Il faut dire pour sa défense qu’il y avait eu réellement à Clairvaux un espion allemand peu de temps auparavant. En temps de guerre les vastes bâtiments de la prison pourraient servir de dépôts pour les provisions ou de casernes pour les troupes, et l’état-major général allemand était sûrement intéressé à connaître l’intérieur des bâtiments et leur importance militaire. Un joyeux photographe ambulant arriva donc un beau jour dans notre village, se fit des amis de tous les habitants en les photographiant pour rien, et fut admis à photographier non seulement l’intérieur des cours de la prison, mais encore des dortoirs.
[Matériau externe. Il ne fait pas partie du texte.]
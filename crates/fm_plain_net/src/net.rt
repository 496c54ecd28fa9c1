//! The net over trees, with the pieces that it made.

ghost use Rattle.std.specs.Prelude.{refl};
ghost use Rattle.fm_run.specs.Programs.{play_of};
ghost use Rattle.fm_run.proofs.Programs.{law_of};
ghost use Rattle.fm_plain_net.specs.Held as held;
ghost use Rattle.fm_plain_net.specs.Readings.{order_of, state_of};

use crate::first::first_net;
use crate::outcome::outcome;
use crate::processes::Trees;
use fm_base::{NoMemory, Path};
use fm_mean::Outcome;
use fm_rules::Program;
use fm_run::{Awaited, History, Kind, Net, Piece, put_piece};
use std::alloc::Global;
use std::sync::Arc;

/// The processes of a run over trees, and its pieces.
pub struct TreeNet {
    /// The processes, channels and ports.
    pub trees: Trees,
    /// The entries.
    pub history: History,
}

impl Drop for TreeNet {
    fn drop(self) {
        let TreeNet {
            trees: _trees,
            history: _history,
        } = self;
    }
}

impl Net for TreeNet {
    type Source = Program;

    ghost play = { play_of };

    ghost state = { λ program net. state_of program net.trees };

    ghost order = { λ net. order_of net.trees.entries };

    ghost channels = { λ net. net.trees.channels };

    ghost history = { λ net. net.history };

    ghost IsSound = { λ program net. held.IsSound program net.trees };

    ghost lawful = { λ program net sound. law_of program };

    ghost channels_are = { λ program net sound. refl };

    fn first(alloc: Global, program: &Program) -> Result<TreeNet, NoMemory> {
        let trees = first_net(alloc, program)?;
        let history = History::new(alloc);
        Ok(TreeNet { trees, history })
    }

    fn count(&self) -> usize {
        self.trees.entries.rows.len()
    }

    fn pieces(&self) -> usize {
        self.history.len()
    }

    fn make_piece(
        &mut self,
        alloc: Global,
        program: &Program,
        number: u32,
        slice: u32,
        kind: Kind,
    ) -> Result<Piece, NoMemory> {
        let actor = self.trees.entries.actor(number)?;
        let piece = self
            .trees
            .make_piece(alloc, program, &actor, slice, kind.spare)?;
        put_piece(alloc, &mut self.history, kind.joins, number, piece.steps)?;
        Ok(piece)
    }

    fn can_step(&self, program: &Program, number: u32) -> Result<bool, NoMemory> {
        self.trees.can_step(number)
    }

    fn note(&mut self, program: &Program, number: u32) -> Result<(), NoMemory> {
        self.trees.note(program, number)
    }

    fn next_woken(&mut self) -> Option<u32> {
        self.trees.channels.next_woken()
    }

    fn has_ended(&self, number: u32) -> bool {
        self.trees.entries.has_ended(number)
    }

    fn awaits(&self, number: u32, before: usize) -> Result<Awaited, NoMemory> {
        self.trees.entries.awaited(number, before)
    }

    fn outcome(&self, alloc: Global, program: &Program, used: u64) -> Result<Outcome, NoMemory> {
        outcome(alloc, &self.trees, program, used)
    }

    fn into_parts(self) -> (History, Vec<Arc<Path>>) {
        let TreeNet { trees, history } = self;
        (history, trees.into_paths())
    }
}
Après cela, il partit pour quelque autre ville sur la frontière de l’est et y fut arrêté par les autorités françaises, parce qu’il fut trouvé porteur de documents militaires compromettants. Le brigadier, qui avait encore le souvenir tout frais de la visite du photographe, en conclut aussitôt que le baron et son secrétaire étaient aussi des espions allemands et les conduisit à la prison de la petite ville de Bar-sur-Aube. Là, ils furent relâchés le lendemain matin et le journal local annonça qu’ils n’étaient pas des espions allemands, mais « des personnes chargées d’une mission par une puissance amie ».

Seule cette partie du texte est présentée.